[Work task] Would you please copy every line from the records that contains the word "impl"?

[Data shown]
◇ ◇ ◇

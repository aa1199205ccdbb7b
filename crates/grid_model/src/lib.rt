//! The grid of gpscover and its whole numbers: points, boxes, spans and roots, and, in `specs/`,
//! how the reals' roots, quotients and sines are read in whole numbers.
//!
//! Lengths are whole numbers of micrometres (um).
#![tactic(auto)]

mod boxes;
mod hulls;
mod memory;
mod roots;
mod spans;

pub use boxes::{Box3, Pos};
pub use memory::NoMemory;
pub use roots::{root_u64, root_u128};
pub use spans::{Span, Wide};
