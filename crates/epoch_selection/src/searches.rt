//! Epochs with the box in which each is searched.

ghost use Rattle.grid_model.specs.Boxes.{grid_box};
ghost use Rattle.grid_model.specs.SearchBoxes.{IsSearchBox};

use crate::selection::Selection;
use crate::walk::Walk;
use grid_model::Box3;
use rinex_obs::ObsEpoch;

/// The selected ones among the epochs that are left of a file, each to be searched in the same box,
/// which lies within 8,600 km on each axis and has no side of more than 200 km.
#[derive(Clone, Copy)]
pub struct Searches<'a> {
    pub left: &'a [ObsEpoch],
    pub selection: Selection,
    pub root: Box3,
    pub ghost search_box: { IsSearchBox (grid_box root) },
}

impl<'a> Searches<'a> {
    ghost use Rattle.std.specs.Prelude.{◌≡◌, [], MatchOption};
    ghost use Rattle.epoch_selection.specs.Searches.{epochs_left, IsTaken};

    /// Takes the next epoch; none is left where it answers none.
    pub fn next(&mut self) -> Option<&'a ObsEpoch>
        ensures { MatchOption result (epochs_left self.old ≡ [])
            (λ epoch. IsTaken self.old epoch.now self.new) }
    {
        match self.selection.first_of(self.left) {
            Some(i) => {
                let epoch = &self.left[i];
                self.left = &self.left[i + 1..];
                Some(epoch)
            }
            None => None,
        }
    }
}

/// A receiver that stands still: the walk isn't told anything.
impl<'a> Walk<'a> for Searches<'a> {
    ghost use Rattle.std.specs.Prelude.{None};
    ghost use Rattle.epoch_selection.specs.Searches.{epochs_left, searches_left};

    ghost epochs = { λ walk. epochs_left walk };

    ghost searches = { λ walk blocks. searches_left walk };

    ghost behind = { λ walk tag kept blocks. searches_left walk };

    ghost keeps = { λ root block. None };

    ghost may_search = { λ walk root. Unit {0} };

    ghost may_keep = { λ walk kept. Unit {0} };

    ghost ready = { λ walk. Unit {0} };

    fn next(&mut self) -> Option<(&'a ObsEpoch, Box3)> {
        let epoch = Searches::next(self)?;
        Some((epoch, self.root))
    }

    fn go_on(&mut self, _epoch: &ObsEpoch, _kept: Option<Box3>) {}
}
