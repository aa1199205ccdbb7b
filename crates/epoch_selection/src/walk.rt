//! Who walks over the epochs of a file.

ghost use Rattle.std.specs.Prelude.{◌≡◌, ℤ, List, ◌∷◌, Option, None, Some, MatchOption, IfSome};
ghost use Rattle.std.specs.Prelude.{option_map};
ghost use Rattle.epoch_selection.specs.Searches.{Search};
ghost use Rattle.epoch_selection.specs.Walks.{MakesNone, IsFirst};
ghost use Rattle.grid_model.specs.Boxes.{GridBox, grid_box};
ghost use Rattle.grid_model.specs.SearchBoxes.{IsSearchBox};
ghost use Rattle.rinex_obs.specs.declared.obs.ObsEpoch.{ObsEpoch};
ghost use Rattle.sat_model.specs.Contractors.{LiesIn};
ghost use Rattle.sat_model.specs.Logs.{Block};

use grid_model::Box3;
use rinex_obs::ObsEpoch;

/// Takes the epochs of a file one by one, each with the box in which it is searched. It is told
/// what an epoch kept, and may search the next one where the receiver can have come from there.
pub trait Walk<'a>: Copy {
    /// The epochs that are left, in order, whether it searches them or not.
    ghost epochs: { Self → List ObsEpoch };

    /// The searches that it makes where these blocks are written of them.
    ghost searches: { Self → List Block → List Search };

    /// Those that it makes behind an epoch of this time that kept this.
    ghost behind: { Self → ℤ → Option GridBox → List Block → List Search };

    /// What an epoch that was searched in this root keeps by its block, as far as the walk asks.
    ghost keeps: { GridBox → Block → Option GridBox };

    /// The box may be a root of its searches.
    ghost may_search: { Self → GridBox → Type 0 };

    /// An epoch of it may keep this.
    ghost may_keep: { Self → Option GridBox → Type 0 };

    /// What it was told of the epoch before is what that may keep.
    ghost ready: { Self → Type 0 };

    /// Takes the next epoch, with its root, of which it may keep any part, all or nothing. Where it
    /// answers none, no search is left.
    fn next(&mut self) -> Option<(&'a ObsEpoch, Box3)>
        ensures first { MatchOption result (ready self.old → MakesNone (searches self.old))
            (λ found. ready self.old → IsFirst (searches self.old) keeps (behind self.new)
            found.0.now (grid_box found.1)) }
        ensures epochs { IfSome result (λ found.
            epochs self.old ≡ found.0.now ∷ epochs self.new) }
        ensures root { IfSome result (λ found. may_search self.new (grid_box found.1)) }
        ensures all { IfSome result (λ found. may_keep self.new (Some (grid_box found.1))) }
        ensures part { IfSome result (λ found. (part : GridBox) → LiesIn part (grid_box found.1)
            → may_keep self.new (Some part)) }
        ensures nothing { IfSome result (λ found. may_keep self.new None) }
        ensures sized { IfSome result (λ found. IsSearchBox (grid_box found.1)) };

    /// Goes on from what this epoch kept.
    fn go_on(&mut self, epoch: &ObsEpoch, kept: Option<Box3>)
        ensures searches { (blocks : List Block) → searches self.new blocks
            ≡ behind self.old epoch.now.tag (option_map grid_box kept) blocks }
        ensures ready { may_keep self.old (option_map grid_box kept) → ready self.new }
        ensures epochs { epochs self.new ≡ epochs self.old };
}
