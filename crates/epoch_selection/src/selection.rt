//! A choice of epochs by their numbers.

use rinex_obs::{FIRST_EPOCH, LAST_EPOCH, ObsEpoch};

/// The epochs whose number is at least `from` and at most `to`.
#[derive(Clone, Copy, Debug, PartialEq, Eq)]
pub struct Selection {
    pub from: u32,
    pub to: u32,
}

impl Selection {
    ghost use Rattle.std.specs.Prelude.{◌≡◌, ◌<◌, [], length, IfSome, MatchOption};
    ghost use Rattle.epoch_selection.specs.Selections.{all_epochs, is_selected, selected, IsFirstSelected};

    /// All epochs.
    pub fn all() -> Selection
        ensures { result ≡ all_epochs }
    {
        Selection {
            from: FIRST_EPOCH,
            to: LAST_EPOCH,
        }
    }

    /// Whether it takes this epoch.
    pub fn takes(&self, epoch: &ObsEpoch) -> bool
        ensures { result ≡ is_selected self.now epoch.now }
    {
        self.from <= epoch.index && epoch.index <= self.to
    }

    /// The place of the first of these epochs that it takes.
    pub(crate) fn first_of(&self, epochs: &[ObsEpoch]) -> Option<usize>
        ensures place { MatchOption result (selected self.now epochs.now ≡ [])
            (λ i. IsFirstSelected self.now epochs.now i) }
        ensures within { IfSome result (λ i. i < length epochs.now) }
    {
        for i in 0..epochs.len() {
            if self.takes(&epochs[i]) {
                return Some(i);
            }
        }
        None
    }
}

◇ ◇ ◇

[Solution below]
impl<'a> Searches<'a> {
impl<'a> Walk<'a> for Searches<'a> {
impl Selection {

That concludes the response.